Про русского Синатру газеты не написали. Зато журналист Шломо Абрамович назвал Кобзона в крупнейшей израильской газете «Едиот Ахронот» «министром иностранных дел русской мафии». Я же вдруг оказался по другую сторону баррикад. Кобзон подал на издание в суд, а мое бюро переводов получило огромный заказ из «Едиот Ахронот» подобрать и перевести на иврит кипу материалов из российских газет, свидетельствовавших в пользу их версии. Я даже выступал в суде как эксперт-переводчик. Однако на отношения это не повлияло.
В начале 1999-го мне пришлось организовывать встречу кандидата на пост премьер-министра Эхуда Барака с русскоязычной общественностью. Легендарный командир коммандос, а потом и всего ЦАХАЛа пытался завоевать симпатии русскоязычных избирателей, в особенности ветеранов. Человек 300 пенсионеров столпились у столов с нехитрой закуской. Барак по обыкновению прибыл с опозданием в сопровождении депутата Софы Ланвер, тогда еще верного члена Партии труда.

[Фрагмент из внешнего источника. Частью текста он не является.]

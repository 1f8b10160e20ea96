//! The class that finds Ethernet addresses by ARP: ARPQuerier.

ghost use Rattle.std.specs.Prelude.{◌≡◌, ◌<◌, length, slice_get, Some, None};
ghost use Rattle.click_classes.specs.Neighbours.{Neighbour, place_of};
ghost use Rattle.click_gateway.specs.Addresses.{ethernet_of_group};
ghost use Rattle.click_gateway.specs.Arp.{sender};
ghost use Rattle.click_classes.specs.Acts.{counting, sent_to, asked, resolved, forwarded, taken_in, let_go, knowing, learnt};
ghost use Rattle.click_classes.specs.Made.{arp_querier};
ghost use Rattle.click_classes.specs.declared.state.State.{State};
ghost use Rattle.click_classes.specs.kept.Answers.{IsOrNoMemory};

use crate::arguments::Arguments;
use crate::fault::ArgFault;
use crate::neighbours::{Neighbours, Querier};
use crate::packet_effects::PortRange;
use crate::state::State;
use crate::values::address::address;
use crate::values::ethernet::ethernet;
use click_gateway::{arp_sender, ask_for, ethernet_of_group, is_host, with_ether_header};
use click_packet::Packet;
use std::alloc::Global;

/// The maximum number of bytes of a packet that gets an Ethernet header of 14 bytes.
const LONGEST_DATAGRAM: usize = 1600 - 14;

const NOWHERE: PortRange = PortRange { first: 0, count: 0 };

/// `ARPQuerier(IP, ETHER)` puts Ethernet headers before IP packets, and queries the Ethernet
/// addresses that it does not know (RFC 826). It is in the package `gateway`.
///
/// - Arguments: IP and ETHER, the addresses of the station that sends the queries.
/// - Ports: two push inputs; one push output, and optionally a second.
/// - Input 0 takes IP packets. A packet leaves at output 0 after an Ethernet header of type 0800 to
///   the Ethernet address of its destination annotation. The limited broadcast address and multicast
///   addresses have their Ethernet addresses at once (RFC 1112, section 6.4).
/// - If the Ethernet address is not known, the packet waits. An ARP query leaves at output 1, or at
///   output 0 if that is the only one. The query has the paint and the destination annotation of the
///   packet. One packet waits for each address. The next one replaces it, and each repeats the
///   query.
/// - Input 1 takes ARP packets in Ethernet frames. If the sender of a request or a reply is in the
///   table, its Ethernet address is known from then on, and the packet that waits for it leaves. A
///   sender that claims the Ethernet address of a group is not believed (RFC 1812, section 3.3.2).
///   One that claims 0:0:0:0:0:0 is believed. All other packets have no effect. No ARP packet leaves
///   the element. A request has the fields that an [ARPResponder](#arpresponder) tests, and a reply
///   has them with operation 2. Target addresses are not tested.
/// - The table has 256 addresses. A packet for a new address is dropped if the table is full, or if
///   the address cannot be one host's. So is one that another replaces.
/// - An address can be one host's if its first byte is 1 to 223, but not 127. So the broadcast
///   address of a network can be one host's.
/// - A packet of more than 1,586 bytes is dropped at once: it causes no query, and replaces no
///   packet.
/// - There is no clock, so an entry does not age. It changes when its host sends an ARP packet, and
///   `expire` removes entries that are no longer used. An entry is used by each packet to its
///   address that leaves or waits, by each ARP packet from it, and by `insert`. So the entry of a
///   host that never answers stays as long as packets to it arrive; `delete` removes it.
/// - A swap takes over the table, the packets that wait and the counts, also if IP or ETHER
///   differs.
/// - Read handlers: `table`, `count` and `drops`. `table` has a line for each entry, the oldest
///   first, with the address and the Ethernet address, or `-` if that is not known. `count` is the
///   number of entries, and `drops` that of dropped packets, at most 2^64 - 1.
/// - Write handlers: `insert`, `delete`, `clear`, `expire` and `reset_counts`.
/// - `insert` takes an address and an Ethernet address, which is known from then on (not an address,
///   out of range). An address that cannot be one host's is out of range, and so is an Ethernet
///   address that is zero or a group's. If the table is full, so is an address that has no entry.
/// - `delete` takes an address and removes its entry, if there is one (not an address). `clear`
///   removes all entries. `expire` takes a number N. It removes each entry after whose last use N or
///   more packets arrived at input 0 (not a number; above 2^64 - 1, out of range). `reset_counts`
///   sets `drops` to 0.
/// - A packet that waits for an entry that is removed or overwritten is dropped. Each dropped packet
///   is counted.
///
/// ```click
/// require(gateway);
/// FromDevice(a) -> GetIPAddress(16) -> q :: ARPQuerier(10.1.0.1, 2:0:0:0:0:1) -> Discard;
/// FromDevice(b) -> [1] q;
/// ```
///
/// ```calls
/// require(gateway); FromDevice(a) -> GetIPAddress(16) -> q :: ARPQuerier(10.1.0.1, 2:0:0:0:0:1)
/// -> Queue -> ToDevice(x); FromDevice(b) -> [1] q;
/// > arrive a 4500001fbeef00000111e6c70a0200020a0100027eb2829a000c00006461746101
/// entered 1
/// > transmit x
/// sent ffffffffffff020000000001080600010800060400010200000000010a0100010000000000000a010002 0 10.1.0.2
/// > arrive b 0200000000010200000000aa080600010800060400020200000000aa0a0100020200000000010a010001
/// entered 1
/// > transmit x
/// sent 0200000000aa02000000000108004500001fbeef00000111e6c70a0200020a0100027eb2829a000c00006461746101 0 10.1.0.2
/// > arrive a 45000014000000004011dead0a010001e00102ff
/// entered 1
/// > transmit x
/// sent 01005e0102ff020000000001080045000014000000004011dead0a010001e00102ff 0 224.1.2.255
/// > read q.table
/// value 31302e312e302e322030323a30303a30303a30303a30303a61610a
/// > write q.insert 10.1.0.3 2:0:0:0:0:bb
/// done
/// > read q.count
/// value 32
/// ```
#[tactic(auto, unfolding(crate::specs::Made::arp_querier))]
pub fn make_arp_querier(alloc: Global, arguments: &Arguments) -> Result<State, ArgFault>
    ensures { IsOrNoMemory (arp_querier arguments.now) result }
{
    if !arguments.are(2, 2) {
        return Err(ArgFault::ArgumentCount);
    }
    let ip = address(arguments.at(0))?;
    let ether = ethernet(arguments.at(1))?;
    match Neighbours::new(alloc) {
        Ok(table) => Ok(State::ARPQuerier {
            querier: Querier {
                ip,
                ether,
                table,
                packets: 0,
                drops: 0,
            },
        }),
        Err(_) => Err(ArgFault::NoMemory),
    }
}

/// Inserts the Ethernet header to `to`, and returns the output of the packet.
///
/// A packet that is too long for that is dropped and counted.
fn send_to(querier: &mut Querier, packet: &mut Packet, to: [u8; 6]) -> PortRange
    ensures { sent_to querier.old packet.old to ≡ record { state = State.ARPQuerier querier.new; packet = packet.new; outputs = result } }
{
    let from = querier.ether;
    if with_ether_header(packet, to, from).is_ok() {
        return PortRange { first: 0, count: 1 };
    }
    querier.drops = querier.drops.saturating_add(1);
    NOWHERE
}

/// Replaces a packet by the ARP query for its destination, and returns the output of the query.
fn ask(querier: &Querier, outputs: u16, packet: &mut Packet) -> PortRange
    ensures { asked outputs querier.now packet.old ≡ record { state = State.ARPQuerier querier.now; packet = packet.new; outputs = result } }
{
    let wanted = packet.destination();
    ask_for(packet, querier.ip, querier.ether, wanted);
    PortRange {
        first: if 1 < outputs { 1 } else { 0 },
        count: 1,
    }
}

/// Adds the destination of a packet to the table, and returns the output of the query for it.
///
/// A packet for an address that cannot be a host's, or for which there is no room, is dropped and
/// counted.
fn resolve_new(querier: &mut Querier, outputs: u16, packet: &mut Packet) -> PortRange
    ensures { resolved outputs querier.old packet.old None ≡ record { state = State.ARPQuerier querier.new; packet = packet.new; outputs = result } }
{
    let address = packet.destination();
    if is_host(address) && querier.table.has_room() {
        querier.table.add(address, packet, querier.packets);
        return ask(querier, outputs, packet);
    }
    querier.drops = querier.drops.saturating_add(1);
    NOWHERE
}

/// Sends a packet to the neighbour with this index, or stores it until its Ethernet address is
/// known.
fn resolve_at(querier: &mut Querier, outputs: u16, packet: &mut Packet, place: usize) -> PortRange
    requires { place < length querier.old.table }
    ensures { resolved outputs querier.old packet.old (Some place) ≡ record { state = State.ARPQuerier querier.new; packet = packet.new; outputs = result } }
{
    if let Some(to) = querier.table.ether(place) {
        querier.table.mark_used(place, querier.packets);
        return send_to(querier, packet, to);
    }
    if querier.table.hold(place, packet, querier.packets) {
        querier.drops = querier.drops.saturating_add(1);
    }
    ask(querier, outputs, packet)
}

/// Does what `send` does, for a packet to one address.
fn resolve(querier: &mut Querier, outputs: u16, packet: &mut Packet) -> PortRange
    ensures { resolved outputs querier.old packet.old (place_of querier.old.table packet.old.destination)
        ≡ record { state = State.ARPQuerier querier.new; packet = packet.new; outputs = result } }
{
    match querier.table.find(packet.destination()) {
        Some(place) => resolve_at(querier, outputs, packet, place),
        None => resolve_new(querier, outputs, packet),
    }
}

/// Sends a packet to its destination, or queries that. Returns the output.
fn send(querier: &mut Querier, outputs: u16, packet: &mut Packet) -> PortRange
    ensures { forwarded outputs querier.old packet.old (ethernet_of_group packet.old.destination)
        ≡ record { state = State.ARPQuerier querier.new; packet = packet.new; outputs = result } }
{
    match ethernet_of_group(packet.destination()) {
        Some(group) => send_to(querier, packet, group),
        None => resolve(querier, outputs, packet),
    }
}

/// Counts a packet at input 0, and sends it to its destination, or queries that. Returns the
/// output.
///
/// A packet that is too long for an Ethernet header is dropped and counted.
#[inline(never)]
pub fn forward(querier: &mut Querier, outputs: u16, packet: &mut Packet) -> PortRange
    ensures { taken_in outputs (counting querier.old) packet.old
        ≡ record { state = State.ARPQuerier querier.new; packet = packet.new; outputs = result } }
{
    querier.packets = querier.packets.saturating_add(1);
    if packet.bytes().len() > LONGEST_DATAGRAM {
        querier.drops = querier.drops.saturating_add(1);
        return NOWHERE;
    }
    send(querier, outputs, packet)
}

/// Stores the Ethernet address of the neighbour with this index, and sends the packet that waits
/// for it.
fn learn_at(querier: &mut Querier, packet: &mut Packet, place: usize, ether: [u8; 6]) -> PortRange
    requires { place < length querier.old.table }
    ensures { (n : Neighbour) → slice_get querier.old.table place ≡ Some n → let_go (knowing querier.old place n ether) packet.old ether n.waiting
        ≡ record { state = State.ARPQuerier querier.new; packet = packet.new; outputs = result } }
{
    if querier.table.learn(place, ether, packet, querier.packets) {
        return send_to(querier, packet, ether);
    }
    NOWHERE
}

/// Handles a packet at input 1: stores the Ethernet address of the sender of an ARP packet. Returns
/// the output of the packet that waited.
#[cold]
#[inline(never)]
pub fn learn(querier: &mut Querier, packet: &mut Packet) -> PortRange
    ensures { learnt querier.old packet.old (sender packet.old.bytes) ≡ record { state = State.ARPQuerier querier.new; packet = packet.new; outputs = result } }
{
    let Some(who) = arp_sender(packet) else {
        return NOWHERE;
    };
    match querier.table.find(who.ip) {
        Some(place) => learn_at(querier, packet, place, who.ether),
        None => NOWHERE,
    }
}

Кандидат произносил дежурные слова на непонятном аудитории языке. За ним по очереди выступали местные политики, в антрактах самодеятельный хор ветеранов исполнял что-то военно-патриотическое. Становилось скучно, и вечер грозил провалиться.
Я подошел и склонился к скучающему Бараку:
— Эхуд, знаешь русские песни? Ты ведь вырос в кибуце, а любой кибуцник слышал русские песни.
— Да, — неуверенно отвечал Барак. — Но… слов я не знаю.
— Ничего, — убеждал я его, ухватив за рукав пиджака. — Пошли, споем… Ветераны тебя поддержат.
— Уди, не ходи, — вмешалась его тогдашняя супруга Ализа. — Ты же не умеешь петь!
Одной рукой я тянул будущего премьера в сторону хора, другой подносил микрофон и затягивал: «Калинка, малинка…» С разных сторон к нам приближались телохранители. И все же боевой генерал решился и замычал что-то в микрофон. И хор подхватил «Калинку». Ободренный Барак взмахнул рукой. Его голос окреп.
Вечер удалось спасти. На следующий день наши фото появились в газетах. Бараку экспромт очень понравился, и он повторял его на всех встречах с русскоязычными избирателями. Кульминация наступила, когда на митинге, организованном Союзом ветеранов ВОВ в тель-авивской «Синераме», Барак пел русские песни уже не со мной, а в дуэте с народным артистом СССР Иосифом Кобзоном. Тем же вечером я попал за один стол с Кобзоном — певец был тоже очень доволен и шутил, что теперь непременно споет «Хаву Нагилу» в Кремле с Ельциным.